Dataset entries
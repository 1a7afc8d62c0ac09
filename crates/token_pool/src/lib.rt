//! Counted, shared token lists in nodes that are handed over once.
#![tactic(auto)]

mod chain;
pub mod cursor;
pub mod iter;
pub mod node;
pub mod pool;
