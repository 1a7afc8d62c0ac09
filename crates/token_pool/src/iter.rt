//! Reading a list token by token.
ghost use Rattle.std.specs.Iterator.{YieldsFirst, item_count};

use crate::node::Node;
use std::marker::Model;

/// The tokens of a list, seen as the list of those that are still to be read.
#[derive(Drop)]
pub struct Tokens<'a> {
    pub(crate) nodes: &'a [Node],
    // The node of the next token, if there is one, and how many tokens are left.
    pub(crate) next: u32,
    pub(crate) left: u32,
}

impl<'a> Model for Tokens<'a> {
    ghost use Rattle.std.specs.Prelude.{ℕ, List};
    ghost use Rattle.token_pool.specs.Nodes.{tokens_from, Chain};

    ghost Value = { List ℕ };

    ghost view = { λ t. tokens_from t.nodes.now t.next t.left };

    ghost invariant = { λ t. (list : ℕ) × Chain t.nodes.now list t.next t.left };
}

impl Iterator for Tokens<'_> {
    type Item = u16;

    ghost next_gives = { YieldsFirst (λ rest. rest) };

    ghost remaining = { item_count (λ rest. rest) };

    fn next(&mut self) -> Option<u16> {
        self.left = self.left.checked_sub(1)?;
        let node = self.nodes[self.next as usize];
        self.next = node.next;
        Some(node.token)
    }
}
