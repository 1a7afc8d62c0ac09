//! A place in a list that can be kept while the pool changes.
ghost use Rattle.token_pool.specs.Readings.{Reads};
ghost use Rattle.token_pool.specs.Nodes.{rest_at};

use crate::node::Node;

/// A place in a token list: the list, the node of the next token, and how many tokens are left.
#[derive(Clone, Copy)]
pub struct Cursor {
    pub list: u32,
    pub node: u32,
    pub left: u32,
}

/// A token that was read, and the place after it.
#[derive(Clone, Copy)]
pub struct Token {
    pub code: u16,
    pub rest: Cursor,
}

/// The token that a cursor stands before, with a cursor after it; None at the end, or where the node is no longer what the cursor says.
pub(crate) fn read(nodes: &[Node], cursor: Cursor) -> Option<Token>
    ensures { Reads (rest_at nodes.now) cursor result }
{
    // Kept: tests and an index. A chain of `checked_sub`, `get` and `filter` says the same three tests in no fewer words.
    let i = cursor.node as usize;
    if cursor.left == 0 || i >= nodes.len() {
        return None;
    }
    let node = nodes[i];
    if node.owner != cursor.list || node.left != cursor.left - 1 {
        return None;
    }
    Some(Token {
        code: node.token,
        rest: Cursor {
            list: cursor.list,
            node: node.next,
            left: node.left,
        },
    })
}
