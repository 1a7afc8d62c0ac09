//! A pool of shared token lists.
ghost use Rattle.token_pool.specs.Nodes.{Sound};
ghost use Rattle.token_pool.specs.Props.{Sound-prop};

pub mod changes;
pub mod reading;

use crate::chain::FreeNodes;
use crate::node::Node;

/// Token lists with their reference counts, in nodes that the pool owns and never adds to.
#[derive(Drop)]
pub struct TokenPool {
    nodes: Vec<Node>,
    free: FreeNodes,
    ghost whole: { Sound nodes.items free } by { Sound-prop _ _ },
}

Your assignment ->
Up to and including the line that holds "λ t. tokens_from", reproduce the records above exactly from their first line, and give nothing else.

Response area ->
repository 1a7afc8d62c0ac09
filename crates/token_pool/src/lib.rt
//! Counted, shared token lists in nodes that are handed over once.
#![tactic(auto)]

mod chain;
pub mod cursor;
pub mod iter;
pub mod node;
pub mod pool;
repository 1a7afc8d62c0ac09
filename crates/token_pool/src/iter.rt
//! Reading a list token by token.
ghost use Rattle.std.specs.Iterator.{YieldsFirst, item_count};

use crate::node::Node;
use std::marker::Model;

/// The tokens of a list, seen as the list of those that are still to be read.
#[derive(Drop)]
pub struct Tokens<'a> {
    pub(crate) nodes: &'a [Node],
    // The node of the next token, if there is one, and how many tokens are left.
    pub(crate) next: u32,
    pub(crate) left: u32,
}

impl<'a> Model for Tokens<'a> {
    ghost use Rattle.std.specs.Prelude.{ℕ, List};
    ghost use Rattle.token_pool.specs.Nodes.{tokens_from, Chain};

    ghost Value = { List ℕ };

    ghost view = { λ t. tokens_from t.nodes.now t.next t.left };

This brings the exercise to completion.